The data sets used in the example contains millions of records. If you use these data sets, loading may take a long time to complete.

Prerequisites

The example uses publicly available data from Companies House. If you want to try it for yourself, you can download:

Extract the CSV and TXT files and edit the example scripts to match the path and file names. 
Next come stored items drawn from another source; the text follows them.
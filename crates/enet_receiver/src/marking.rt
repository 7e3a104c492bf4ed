//! Marks of numbers, in blocks that are there as long as one of their numbers is marked.

ghost use Rattle.std.specs.Prelude.{◌≡◌, ◌≤◌, ◌<◌, ◌/◌, ◌==◌, ◌&&◌, ◌||◌, ℕ, true, false, not, None, IsTrue, is_some, slice_index_or};
ghost use Rattle.std.specs.Vec.{vec_len};
ghost use Rattle.enet_receiver.specs.Blocks.{marked_in};

use crate::block::{Block, NUMBERS};
use std::alloc::Global;

/// How many blocks all numbers make.
const BLOCKS: usize = 16;

/// Whether a number is marked.
pub(crate) fn is_marked(blocks: &Vec<Option<Block>>, number: u16) -> bool
    ensures { result ≡ marked_in blocks.now.items number }
{
    let place = usize::from(number / NUMBERS);
    if place >= blocks.len() {
        return false;
    }
    match &blocks[place] {
        Some(block) => block.has(number % NUMBERS),
        None => false,
    }
}

/// Makes the table of the blocks, of which none is there, where that isn't made yet.
fn make_table(blocks: &mut Vec<Option<Block>>) -> bool
    ensures same { (n : ℕ) → marked_in blocks.new.items n ≡ marked_in blocks.old.items n }
    ensures room { IsTrue result → 16 ≤ vec_len blocks.new }
{
    while blocks.len() < BLOCKS {
        if blocks.push(None).is_err() {
            return false;
        }
    }
    true
}

/// Makes a block, where it isn't there.
fn make_block(alloc: Global, blocks: &mut Vec<Option<Block>>, place: usize) -> bool
    requires { place < vec_len blocks.old }
    ensures same { (n : ℕ) → marked_in blocks.new.items n ≡ marked_in blocks.old.items n }
    ensures there { IsTrue result → is_some (slice_index_or blocks.new.items place None) ≡ true }
    ensures len { vec_len blocks.new ≡ vec_len blocks.old }
{
    if blocks[place].is_some() {
        return true;
    }
    let Ok(block) = Block::new(alloc) else {
        return false;
    };
    blocks[place] = Some(block);
    true
}

/// Marks a number whose block is there.
fn mark_in(blocks: &mut Vec<Option<Block>>, number: u16)
    requires inside { number / 4096 < vec_len blocks.old }
    requires there { is_some (slice_index_or blocks.old.items (number / 4096) None) ≡ true }
    ensures { (n : ℕ) → marked_in blocks.new.items n ≡ (n == number || marked_in blocks.old.items n) }
{
    if let Some(block) = &mut blocks[usize::from(number / NUMBERS)] {
        block.mark(number % NUMBERS);
    }
}

/// Marks a number. Where memory is refused it answers false, and no mark changes.
pub(crate) fn mark(alloc: Global, blocks: &mut Vec<Option<Block>>, number: u16) -> bool
    ensures marked { IsTrue result → (n : ℕ) → marked_in blocks.new.items n ≡ (n == number || marked_in blocks.old.items n) }
    ensures unchanged { result ≡ false → (n : ℕ) → marked_in blocks.new.items n ≡ marked_in blocks.old.items n }
{
    if !make_table(blocks) || !make_block(alloc, blocks, usize::from(number / NUMBERS)) {
        return false;
    }
    mark_in(blocks, number);
    true
}

/// Takes the mark of a number back, whose block stays.
fn clear(blocks: &mut Vec<Option<Block>>, number: u16)
    requires { number / 4096 < vec_len blocks.old }
    ensures marks { (n : ℕ) → marked_in blocks.new.items n ≡ (not (n == number) && marked_in blocks.old.items n) }
    ensures len { vec_len blocks.new ≡ vec_len blocks.old }
{
    if let Some(block) = &mut blocks[usize::from(number / NUMBERS)] {
        block.unmark(number % NUMBERS);
    }
}

/// Gives a block up of which no number is marked.
fn give_up(blocks: &mut Vec<Option<Block>>, place: usize)
    requires { place < vec_len blocks.old }
    ensures { (n : ℕ) → marked_in blocks.new.items n ≡ marked_in blocks.old.items n }
{
    let is_clear = match &blocks[place] {
        Some(block) => block.is_clear(),
        None => false,
    };
    if is_clear {
        blocks[place] = None;
    }
}

/// Takes the mark of a number back, and gives its block up where that was the last one.
pub(crate) fn unmark(blocks: &mut Vec<Option<Block>>, number: u16)
    ensures { (n : ℕ) → marked_in blocks.new.items n ≡ (not (n == number) && marked_in blocks.old.items n) }
{
    let place = usize::from(number / NUMBERS);
    if place < blocks.len() {
        clear(blocks, number);
        give_up(blocks, place);
    }
}
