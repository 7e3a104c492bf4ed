//! One channel's receiver.

ghost use Rattle.std.specs.Prelude.{◌≡◌, ◌≢◌, ◌<◌, ◌^◌, ◌+◌, [], Bool, false, if◌then◌else◌, Ok, Some, None, IfOk, IfSome, IfNone, IfErr, IsTrue, MatchOption, length};
ghost use Rattle.std.specs.Option.{option_copied};
ghost use Rattle.std.specs.FinMap as map;
ghost use Rattle.enet_codec.specs.Message.{view};
ghost use Rattle.enet_seq.specs.Numbering.{wire};
ghost use Rattle.enet_seq.specs.Windows.{acknowledges, after};
ghost use Rattle.enet_fragment.specs.DataCommand.{data_of};
ghost use Rattle.enet_fragment.specs.Whole.{is_whole};
ghost use Rattle.enet_receiver.specs.ArrivingData.{data_command};
ghost use Rattle.enet_receiver.specs.Private.Admitted.{Admitted, IsInside};
ghost use Rattle.enet_receiver.specs.ReceiverParts.{with_first};
ghost use Rattle.enet_receiver.specs.Private.ReceiverParts.{with_kept, grown_at, answered_with};
ghost use Rattle.enet_receiver.specs.Private.InPlace.{ComesAlone, GoesAlone, GoesAtOnce, with_moved, only_packet_from};
ghost use Rattle.enet_receiver.specs.Private.Walk.{Completes};
ghost use Rattle.enet_packets.specs.Packets.{bytes_in, packets_in};
ghost use Rattle.enet_receiver.specs.Receiver.{held_bytes, held_packets, cleared, next_whole};
ghost use Rattle.enet_receiver.specs.DataOutcome.{outcome, outcome_of, place_read, came_at, came_before, is_behind, is_next, is_handled, dispatch_count};
ghost use Rattle.enet_receiver.specs.Foresight.{new_end, data_if, is_reliable, is_unreliable, is_fragment, is_unreliable_fragment, outcome_for, after_command, WouldBeHeld, Receives, foreseen, alone};

use crate::arriving_data::ArrivingData;
use crate::foreseeing::{Completed, dispatches};
use crate::held::Held;
use crate::releasing::release;
use crate::storing::{give_room_back, make_room, store};
use crate::{Foresight, Took};
use enet_codec::{Command, Packet, Refusal};
use enet_fragment::Put;
use enet_packets::{Bodies, Dispatched, IncomingPacket, Waiting, look_at};
use enet_seq::{acknowledges, after, fragment_in_window, in_window};
use std::alloc::Global;
use std::collections::VecDeque;
use std::marker::Model;
use std::mem;

/// One channel's receiver: it dispatches reliable packets in the order of their numbers, and unreliable ones in their places
/// between them, and holds those that came early. Contracts see it as a `ReceivingEnd`.
#[derive(Drop)]
pub struct Incoming {
    alloc: Global,
    channel: u8,
    /// The most bytes of a packet.
    max_packet: u32,
    /// The number of the last reliable command that was dispatched.
    front: u16,
    /// The last unreliable number that was dispatched since.
    unreliable: u16,
    /// Reliable packets past the front, by the number of their first piece.
    held: Held,
    /// Unreliable packets, by the reliable number for which they wait.
    waiting: Waiting,
    /// What was dispatched and not taken yet, in order.
    dispatched: VecDeque<Dispatched>,
}

impl Model for Incoming {
    ghost use Rattle.enet_receiver.specs.Foresight.{ReceivingEnd};
    ghost use Rattle.enet_receiver.specs.Codes.{receiving_code};

    ghost Value = { ReceivingEnd };

    ghost coded = { receiving_code };

    ghost use Rattle.enet_receiver.specs.Invariant.{Keeps};
    ghost use Rattle.enet_receiver.specs.ReceiverParts.{receiver_of};

    ghost view = { λ s. record {
      channel = s.channel;
      max_packet = s.max_packet;
      receiver = receiver_of s.front s.unreliable s.held s.waiting s.dispatched.items;
    } };

    ghost invariant = { λ s. Keeps s.max_packet (receiver_of s.front s.unreliable s.held s.waiting s.dispatched.items) };
}

/// Whether an outcome lets a command be acknowledged.
fn is_handled(took: Took) -> bool
    ensures { result ≡ is_handled took }
{
    match took {
        Took::Held | Took::Again | Took::Outside => true,
        Took::Bad | Took::Waiting | Took::Memory => false,
    }
}
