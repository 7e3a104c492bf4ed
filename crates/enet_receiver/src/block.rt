//! Which numbers of a block are held.

ghost use Rattle.std.specs.Prelude.{◌≡◌, ℕ, ◌<◌, ◌==◌, ◌&&◌, ◌||◌, not, false, IsTrue, IfOk, replicate, slice_index_or};

use enet_codec::Refusal;
use enet_fragment::Marks;
use enet_packets::look_at;
use std::alloc::Global;
use std::marker::Model;

/// How many numbers a block has.
pub(crate) const NUMBERS: u16 = 4_096;

/// Marks of a block's 4,096 numbers, in 128 words. Contracts see them as a list.
#[derive(Drop)]
pub(crate) struct Block {
    marks: Marks,
    /// How many numbers aren't marked.
    missing: u16,
}

impl Model for Block {
    ghost use Rattle.std.specs.Prelude.{Bool, List};
    ghost use Rattle.enet_receiver.specs.Blocks.{KeepsBlock};

    ghost Value = { List Bool };

    ghost view = { λ b. b.marks };

    ghost invariant = { λ b. KeepsBlock b.marks b.missing };
}

impl Block {
    /// A block of which no number is marked. Answers `Refusal::Memory` where it can't have its words.
    pub(crate) fn new(alloc: Global) -> Result<Block, Refusal>
        ensures { IfOk result (λ block. block ≡ replicate 4096 false) }
    {
        let marks = Marks::new(alloc, u32::from(NUMBERS))?;
        Ok(Block {
            marks,
            missing: NUMBERS,
        })
    }

    /// Whether a number is marked.
    pub(crate) fn has(&self, i: u16) -> bool
        ensures { result ≡ slice_index_or self.now i false }
    {
        self.marks.has(u32::from(i))
    }

    /// Marks a number.
    pub(crate) fn mark(&mut self, i: u16)
        requires { i < 4096 }
        ensures { (k : ℕ) → slice_index_or self.new k false ≡ (k == i || slice_index_or self.old k false) }
    {
        if !self.marks.has(u32::from(i)) {
            self.marks.mark(u32::from(i));
            self.missing -= 1;
        }
    }

    /// Takes the mark of a number back.
    pub(crate) fn unmark(&mut self, i: u16)
        ensures { (k : ℕ) → slice_index_or self.new k false ≡ (not (k == i) && slice_index_or self.old k false) }
    {
        if self.marks.has(u32::from(i)) {
            self.marks.unmark(u32::from(i));
            self.missing += 1;
        }
    }

    /// Whether no number is marked, by the count of the missing ones.
    pub(crate) fn is_clear(&self) -> bool
        ensures { IsTrue result → (k : ℕ) → slice_index_or self.now k false ≡ false }
    {
        look_at(&self.marks);
        self.missing == NUMBERS
    }
}
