//! Round trips: how long a peer takes to answer, when a command is sent again, and when a peer has timed out.
//!
//! All times are in milliseconds, on a clock of 32 bits that begins again at 0 after 4,294,967,295.
//!
//! Proved: the estimate of a peer's round trip, its timeout, resending, where a timeout backs off in silence only, and the end by
//! timeout, each exactly the formula of docs/PROTOCOL.md on whole numbers, with the stops at 4,294,967,295 and 255 (`Timing::sample`,
//! `Timing::timeout_of`, `expired`, `Transmission`, `earlier`, `elapsed`, `round_trip_sample`); the clock that wraps tells elapsed time
//! and order rightly (`clock_is_right`), and the estimate stays within what bounds it and its samples (`estimate_stays_within`).
//! Only tested, in `check_numbers`: that worked samples, a worked run of resends and worked ends give the numbers that they
//! should. Not claimed: that the estimate is near the network's real delay.
#![tactic(auto)]

mod clock;
mod expiry;
mod send_times;
mod timing;
mod transmission;

pub use clock::{clock_is_right, earlier, elapsed, meant_time, round_trip_sample, told_time};
pub use expiry::{Expiry, Patience, expired};
pub use send_times::SendTimes;
pub use timing::{Timing, estimate_stays_within};
pub use transmission::{Tick, Transmission};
Create a configuration file for the company data

Create a plain text file with the following content:

input {
 file {
   path => "C:\data\BasicCompanyDataAsOneFile-2018-01-01.csv"
   start_position => beginning
 }
}
filter {
   csv {
separator => ","
autodetect_column_names => true
autogenerate_column_names => true
   }
}
output {
   elasticsearch {
       hosts => ["127.0.0.1:9220"]
       index => "company"
   }
}

Edit the path to match the location of the CSV file and save it as logstash_csv.conf in the same path as the data set.

Create a configuration file for the person with significant control data

Create a plain text file with the following content:

input {
 file {
   type => "json"
   path => "C:\data\persons-with-significant-control-snapshot-2018-01-01.txt"
   start_position => beginning
 }
}
filter {
 json {
   source => "message"
 }
 mutate {
   uppercase => [ "data[name]" ]
 }
}
output {
   elasticsearch {
       hosts => ["127.0.0.1:9220"]
       index => "persons-control"
   }
}

Edit the path to match the location of the TXT file and save it as logstash_json.conf in the same path as the data set.

Load the data

From the command prompt, navigate to the logstash/bin folder and run Logstash with the configuration files you created earlier. For example:

logstash -f C:\data\logstash_csv.conf
logstash -f C:\data\logstash_json.conf

Tip

You can speed up the import process by installing a second instance of Logstash and running the imports concurrently.